Bununla birlikte, IO.NET projesinin güncellendiği, anlatının daha sıcak olduğu, daha küçük erken dolaşım piyasa değeri ve mevcut daha büyük arz tarafı ölçeği göz önüne alındığında, FDV'nin Render'ı geçme olasılığı hiç de az değil.

Değerlemeleri karşılaştırmak için başka bir açıdan, yani “fiyat-çekirdek oranı”na bakalım.

Yapay zeka bilgi işlem gücüne olan talebin arzı aştığı bir pazar bağlamında, dağıtılmış yapay zeka bilgi işlem güç ağının en önemli unsuru GPU arz tarafının ölçeğidir. Bu nedenle "pazardan çekirdeğe" ile yatay bir karşılaştırma yapabiliriz. oranı"nı kullanın ve okuyucuların piyasa değeri referansı olarak kullanabileceği IO.NET'in olası değerleme aralığını çıkarmak için "projenin toplam piyasa değerini ve ağdaki çip sayısını" Miktar Oranı"nı kullanın.

IO.NET'in piyasa değeri aralığı, pazar-çekirdek oranına göre hesaplanırsa, IO.NET, üst sınır olarak Render Network'ün pazar-çekirdek oranını, alt sınır olarak da Akash Network'ü kullanır. 20,6 milyar ABD dolarından 197,5 milyar ABD dolarına kadardır.

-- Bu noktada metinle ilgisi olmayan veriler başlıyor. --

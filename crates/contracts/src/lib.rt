// That the contracts settle everything: no code.
#![tactic(auto)]
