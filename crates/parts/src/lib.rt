// What a list of words gives: a specifier, and how it asks to be written (in the crate: a part of `build_log_segment`).
#![tactic(auto)]

ghost use Rattle.std.specs.Prelude.{◌≡◌};
ghost use Rattle.parts.specs.Parts.{no_parts, has_style, with_style, asking, asks, with_specifier, with_parameter};

use words::{LogFormat, LogMetadata, Parameter, Style, Styles};

// What a list of words has given so far; `twice` once anything was given a second time. That is told beside it (d): the list is refused, or misfits, only where
// it makes its segment.
#[derive(Clone, Copy, Default)]
pub struct Parts {
    pub format: LogFormat,
    pub metadata: Option<LogMetadata>,
    pub twice: bool,
}

// Nothing read yet.
pub fn no_parts() -> Parts
    ensures { result ≡ no_parts }
{
    Parts::default()
}

fn has_style(s: Styles, y: Style) -> bool
    ensures { result ≡ has_style s y }
{
    match y {
        Style::Bold => s.bold,
        Style::Dimmed => s.dimmed,
        Style::Underline => s.underline,
        Style::Italic => s.italic,
        Style::Strike => s.strike,
    }
}

fn with_style(s: Styles, y: Style) -> Styles
    ensures { result ≡ with_style s y }
{
    match y {
        Style::Bold => Styles { bold: true, ..s },
        Style::Dimmed => Styles { dimmed: true, ..s },
        Style::Underline => Styles {
            underline: true,
            ..s
        },
        Style::Italic => Styles { italic: true, ..s },
        Style::Strike => Styles { strike: true, ..s },
    }
}

fn asking_for(f: LogFormat, a: Parameter) -> LogFormat
    ensures { result ≡ asking f a }
{
    match a {
        Parameter::Color(c) => LogFormat {
            color: Some(c),
            ..f
        },
        Parameter::Style(y) => LogFormat {
            styles: with_style(f.styles, y),
            ..f
        },
        Parameter::WidthAndAlignment(n, padding, alignment) => LogFormat {
            width: Some(n),
            padding,
            alignment,
            ..f
        },
    }
}

fn asks_already(f: LogFormat, a: Parameter) -> bool
    ensures { result ≡ asks f a }
{
    match a {
        Parameter::Color(_) => f.color.is_some(),
        Parameter::Style(y) => has_style(f.styles, y),
        Parameter::WidthAndAlignment(_, _, _) => f.width.is_some(),
    }
}

// A specifier more.
#[tactic(auto, unfolding(crate::specs::Parts::with_specifier))]
pub fn with_specifier(p: Parts, m: LogMetadata) -> Parts
    ensures { result ≡ with_specifier p m }
{
    Parts {
        metadata: Some(m),
        twice: p.metadata.is_some() || p.twice,
        ..p
    }
}

// A parameter more.
#[tactic(auto, unfolding(crate::specs::Parts::with_parameter))]
pub fn with_parameter(p: Parts, a: Parameter) -> Parts
    ensures { result ≡ with_parameter p a }
{
    Parts {
        format: asking_for(p.format, a),
        twice: asks_already(p.format, a) || p.twice,
        ..p
    }
}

Okuyucuların IO.NET projesi hakkında ne kadar iyimser olursa olsun, bunun son derece iyimser bir piyasa değeri hesaplaması olduğunu düşüneceklerine inanıyorum.

Ve IO.NET'in mevcut çok sayıdaki çevrimiçi çip sayısının, airdrop beklentileri ve teşvik faaliyetleriyle teşvik edildiğini hesaba katmamız gerekiyor. Arz tarafındaki gerçek çevrimiçi çip sayısının, proje resmi olarak başlatıldıktan sonra da gözlemlenmesi gerekiyor. .

Bu nedenle genel olarak fiyat/satış oranı perspektifinden değerleme hesaplamaları daha bilgilendirici olabilir.

AI+DePIN+Solana ekolojisinin üçlü aurasına sahip bir proje olarak IO.NET, lansmanından sonra piyasa değeri performansının ne olacağını bekleyip görecek.

3. Referans bilgileri

  • Delphi Digital: Gerçek Birleşme

  • Galaxy: Kripto ve Yapay Zekanın Kesişmesini Anlamak

Orijinal bağlantı: https://research.mintventures.fund/2024/04/08/zh-a-new-solana- Based-ai-depin-project-a-brief-analiz-of-upcoming-tokenlaunch-io-net /

io.net Binance Square topluluğu tarafından yeniden basılmıştır, orijinal telif hakkı ve içerik sorumluluğu orijinal yazara aittir. io.net ve Binance Square tarafından yeniden basılması, yeniden basılan içeriğin bazı veya tüm görünümlerini onayladığı veya desteklediği anlamına gelmez.